• **TASK ITEM**: Nothing but a number is wanted here: the tally of lines in the material below that include "status".
◆ ◆ ◆ ◆
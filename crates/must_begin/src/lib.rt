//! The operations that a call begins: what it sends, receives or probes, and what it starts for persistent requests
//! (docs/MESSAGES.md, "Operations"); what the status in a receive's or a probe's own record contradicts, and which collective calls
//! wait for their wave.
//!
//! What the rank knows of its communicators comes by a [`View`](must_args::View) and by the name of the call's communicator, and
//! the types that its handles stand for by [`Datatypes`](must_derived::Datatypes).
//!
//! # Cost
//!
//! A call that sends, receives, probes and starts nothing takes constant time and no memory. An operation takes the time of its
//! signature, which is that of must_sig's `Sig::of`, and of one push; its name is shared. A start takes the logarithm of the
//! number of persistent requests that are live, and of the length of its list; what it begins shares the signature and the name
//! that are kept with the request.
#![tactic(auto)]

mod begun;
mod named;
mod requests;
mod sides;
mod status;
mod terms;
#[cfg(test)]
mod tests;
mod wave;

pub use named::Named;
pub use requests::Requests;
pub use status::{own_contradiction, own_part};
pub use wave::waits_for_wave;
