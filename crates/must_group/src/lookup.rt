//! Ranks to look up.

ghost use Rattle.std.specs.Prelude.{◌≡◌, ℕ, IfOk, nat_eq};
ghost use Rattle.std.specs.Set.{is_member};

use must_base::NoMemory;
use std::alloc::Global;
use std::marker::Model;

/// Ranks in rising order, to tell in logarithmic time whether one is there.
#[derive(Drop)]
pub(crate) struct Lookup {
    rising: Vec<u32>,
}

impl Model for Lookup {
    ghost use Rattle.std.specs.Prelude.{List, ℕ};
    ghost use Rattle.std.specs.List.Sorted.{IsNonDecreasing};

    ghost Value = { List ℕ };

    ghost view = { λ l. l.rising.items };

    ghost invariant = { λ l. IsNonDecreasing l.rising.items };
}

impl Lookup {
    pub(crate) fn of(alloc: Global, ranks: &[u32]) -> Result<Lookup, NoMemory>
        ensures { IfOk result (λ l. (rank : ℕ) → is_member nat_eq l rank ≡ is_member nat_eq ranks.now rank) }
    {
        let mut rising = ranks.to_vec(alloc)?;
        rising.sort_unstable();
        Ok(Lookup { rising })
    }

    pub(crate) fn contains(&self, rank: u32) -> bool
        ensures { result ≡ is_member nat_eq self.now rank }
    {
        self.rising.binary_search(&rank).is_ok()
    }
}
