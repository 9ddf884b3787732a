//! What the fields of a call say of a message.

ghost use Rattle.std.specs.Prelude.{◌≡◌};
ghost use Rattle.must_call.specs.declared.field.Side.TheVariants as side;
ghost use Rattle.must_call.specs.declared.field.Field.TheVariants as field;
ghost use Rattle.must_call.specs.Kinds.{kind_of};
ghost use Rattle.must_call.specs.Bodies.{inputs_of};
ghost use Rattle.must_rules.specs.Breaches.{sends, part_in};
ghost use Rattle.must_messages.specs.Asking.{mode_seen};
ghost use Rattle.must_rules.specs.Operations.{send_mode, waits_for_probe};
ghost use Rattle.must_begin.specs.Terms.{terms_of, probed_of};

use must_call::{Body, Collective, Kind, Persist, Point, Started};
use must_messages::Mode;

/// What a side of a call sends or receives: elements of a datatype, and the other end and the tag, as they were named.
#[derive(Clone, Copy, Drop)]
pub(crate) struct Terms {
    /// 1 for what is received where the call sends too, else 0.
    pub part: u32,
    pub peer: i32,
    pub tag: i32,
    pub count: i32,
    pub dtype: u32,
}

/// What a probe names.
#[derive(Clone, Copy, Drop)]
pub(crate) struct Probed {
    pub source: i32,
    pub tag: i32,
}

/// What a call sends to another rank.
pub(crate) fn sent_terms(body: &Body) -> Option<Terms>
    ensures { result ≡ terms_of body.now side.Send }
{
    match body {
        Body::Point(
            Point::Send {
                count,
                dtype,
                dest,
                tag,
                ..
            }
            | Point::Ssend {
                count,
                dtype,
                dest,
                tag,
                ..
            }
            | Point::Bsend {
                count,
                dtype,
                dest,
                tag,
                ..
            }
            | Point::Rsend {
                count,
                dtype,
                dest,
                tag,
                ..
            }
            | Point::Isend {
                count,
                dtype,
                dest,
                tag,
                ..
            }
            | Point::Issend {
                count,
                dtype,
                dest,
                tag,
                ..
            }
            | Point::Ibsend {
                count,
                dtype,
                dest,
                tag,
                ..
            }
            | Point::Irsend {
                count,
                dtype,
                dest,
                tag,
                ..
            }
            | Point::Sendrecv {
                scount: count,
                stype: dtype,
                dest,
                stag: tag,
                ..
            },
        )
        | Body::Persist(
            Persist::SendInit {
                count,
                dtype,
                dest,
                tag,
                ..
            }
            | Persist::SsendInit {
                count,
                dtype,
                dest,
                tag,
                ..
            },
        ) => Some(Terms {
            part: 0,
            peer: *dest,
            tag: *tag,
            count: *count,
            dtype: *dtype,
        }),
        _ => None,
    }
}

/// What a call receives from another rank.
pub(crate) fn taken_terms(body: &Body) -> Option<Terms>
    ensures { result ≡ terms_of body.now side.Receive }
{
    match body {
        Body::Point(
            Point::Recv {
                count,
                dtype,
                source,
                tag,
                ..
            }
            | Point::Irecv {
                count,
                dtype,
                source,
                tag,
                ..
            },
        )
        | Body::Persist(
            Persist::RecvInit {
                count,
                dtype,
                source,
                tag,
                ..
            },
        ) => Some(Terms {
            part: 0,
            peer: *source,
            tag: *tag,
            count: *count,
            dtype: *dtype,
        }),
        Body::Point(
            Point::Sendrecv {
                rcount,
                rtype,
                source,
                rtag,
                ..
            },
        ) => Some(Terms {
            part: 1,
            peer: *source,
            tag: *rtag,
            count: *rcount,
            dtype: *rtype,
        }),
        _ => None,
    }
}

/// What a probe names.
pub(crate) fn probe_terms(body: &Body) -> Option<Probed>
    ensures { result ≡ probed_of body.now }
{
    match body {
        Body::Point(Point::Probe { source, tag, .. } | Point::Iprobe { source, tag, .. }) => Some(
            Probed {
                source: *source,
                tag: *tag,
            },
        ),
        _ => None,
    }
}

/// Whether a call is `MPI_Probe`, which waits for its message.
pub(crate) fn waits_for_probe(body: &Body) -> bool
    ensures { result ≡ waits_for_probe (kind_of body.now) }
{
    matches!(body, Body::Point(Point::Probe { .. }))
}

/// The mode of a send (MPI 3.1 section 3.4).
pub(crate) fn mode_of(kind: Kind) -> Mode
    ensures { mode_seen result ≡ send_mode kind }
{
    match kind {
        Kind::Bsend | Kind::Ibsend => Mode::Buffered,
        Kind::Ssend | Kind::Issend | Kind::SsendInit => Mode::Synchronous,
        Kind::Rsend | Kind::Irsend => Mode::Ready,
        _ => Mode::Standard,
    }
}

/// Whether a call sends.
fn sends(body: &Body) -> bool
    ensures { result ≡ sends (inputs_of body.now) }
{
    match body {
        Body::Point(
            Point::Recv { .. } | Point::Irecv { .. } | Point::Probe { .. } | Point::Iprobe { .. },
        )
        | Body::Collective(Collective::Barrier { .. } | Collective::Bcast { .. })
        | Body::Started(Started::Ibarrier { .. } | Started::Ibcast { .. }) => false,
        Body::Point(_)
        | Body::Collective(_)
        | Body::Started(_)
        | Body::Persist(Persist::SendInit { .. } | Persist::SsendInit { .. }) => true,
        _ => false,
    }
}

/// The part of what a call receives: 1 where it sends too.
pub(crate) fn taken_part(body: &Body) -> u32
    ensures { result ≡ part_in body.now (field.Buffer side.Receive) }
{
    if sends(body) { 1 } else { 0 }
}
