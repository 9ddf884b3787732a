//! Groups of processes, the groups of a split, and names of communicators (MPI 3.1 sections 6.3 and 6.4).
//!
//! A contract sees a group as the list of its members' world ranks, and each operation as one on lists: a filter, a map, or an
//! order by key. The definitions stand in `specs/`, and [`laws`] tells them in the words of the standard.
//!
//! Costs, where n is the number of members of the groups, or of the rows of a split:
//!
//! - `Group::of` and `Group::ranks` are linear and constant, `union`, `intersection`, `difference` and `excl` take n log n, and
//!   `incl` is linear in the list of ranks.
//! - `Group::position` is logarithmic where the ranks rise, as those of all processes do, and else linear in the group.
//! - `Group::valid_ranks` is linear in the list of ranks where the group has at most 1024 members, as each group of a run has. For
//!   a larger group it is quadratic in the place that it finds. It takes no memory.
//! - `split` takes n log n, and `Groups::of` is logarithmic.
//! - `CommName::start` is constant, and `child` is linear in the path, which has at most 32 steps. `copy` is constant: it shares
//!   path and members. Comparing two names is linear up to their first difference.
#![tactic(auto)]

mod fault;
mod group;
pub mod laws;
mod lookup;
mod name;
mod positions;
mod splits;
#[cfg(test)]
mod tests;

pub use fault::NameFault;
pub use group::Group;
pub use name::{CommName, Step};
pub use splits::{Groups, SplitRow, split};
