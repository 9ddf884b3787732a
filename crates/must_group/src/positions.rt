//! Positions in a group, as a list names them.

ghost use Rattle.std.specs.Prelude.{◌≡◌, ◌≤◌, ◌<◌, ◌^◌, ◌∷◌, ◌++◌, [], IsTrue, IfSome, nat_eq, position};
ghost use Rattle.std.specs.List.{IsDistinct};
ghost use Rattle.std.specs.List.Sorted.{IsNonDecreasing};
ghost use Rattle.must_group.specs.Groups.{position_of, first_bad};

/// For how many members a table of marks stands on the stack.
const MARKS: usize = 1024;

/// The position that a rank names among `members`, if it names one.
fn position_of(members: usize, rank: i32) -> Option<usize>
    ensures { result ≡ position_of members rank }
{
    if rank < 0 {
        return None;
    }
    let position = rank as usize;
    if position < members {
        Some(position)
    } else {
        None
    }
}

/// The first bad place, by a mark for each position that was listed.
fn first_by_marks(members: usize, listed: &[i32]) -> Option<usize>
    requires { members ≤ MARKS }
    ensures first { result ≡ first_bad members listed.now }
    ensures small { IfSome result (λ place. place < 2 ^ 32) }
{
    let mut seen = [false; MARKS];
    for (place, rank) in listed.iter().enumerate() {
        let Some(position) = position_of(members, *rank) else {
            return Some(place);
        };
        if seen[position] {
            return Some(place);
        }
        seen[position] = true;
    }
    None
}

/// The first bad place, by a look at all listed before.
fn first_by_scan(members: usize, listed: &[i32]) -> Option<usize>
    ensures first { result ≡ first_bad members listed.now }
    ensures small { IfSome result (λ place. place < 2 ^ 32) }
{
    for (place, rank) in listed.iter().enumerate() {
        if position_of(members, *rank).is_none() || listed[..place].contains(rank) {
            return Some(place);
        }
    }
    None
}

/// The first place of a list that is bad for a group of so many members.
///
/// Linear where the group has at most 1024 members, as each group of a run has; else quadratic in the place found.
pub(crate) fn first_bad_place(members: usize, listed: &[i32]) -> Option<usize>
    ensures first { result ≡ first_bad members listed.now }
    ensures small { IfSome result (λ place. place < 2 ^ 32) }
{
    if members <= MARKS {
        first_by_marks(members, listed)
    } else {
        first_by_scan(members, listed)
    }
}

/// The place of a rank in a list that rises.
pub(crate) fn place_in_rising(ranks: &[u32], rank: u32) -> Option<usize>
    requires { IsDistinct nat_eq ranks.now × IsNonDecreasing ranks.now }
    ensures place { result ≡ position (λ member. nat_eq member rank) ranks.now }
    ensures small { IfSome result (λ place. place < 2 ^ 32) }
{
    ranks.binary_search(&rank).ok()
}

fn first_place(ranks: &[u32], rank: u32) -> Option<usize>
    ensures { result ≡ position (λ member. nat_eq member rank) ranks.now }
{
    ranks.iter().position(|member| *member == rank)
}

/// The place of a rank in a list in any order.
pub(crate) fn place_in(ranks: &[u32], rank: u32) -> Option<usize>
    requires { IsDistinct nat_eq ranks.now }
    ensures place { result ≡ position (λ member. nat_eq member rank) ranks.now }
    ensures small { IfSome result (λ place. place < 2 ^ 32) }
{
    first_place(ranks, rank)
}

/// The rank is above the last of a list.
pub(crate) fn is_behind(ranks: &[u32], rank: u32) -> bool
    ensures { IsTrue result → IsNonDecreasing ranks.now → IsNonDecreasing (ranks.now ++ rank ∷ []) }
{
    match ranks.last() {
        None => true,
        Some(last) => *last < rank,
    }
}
◆ ◆ ◆ ◆
• **RESPONSE AREA**: 3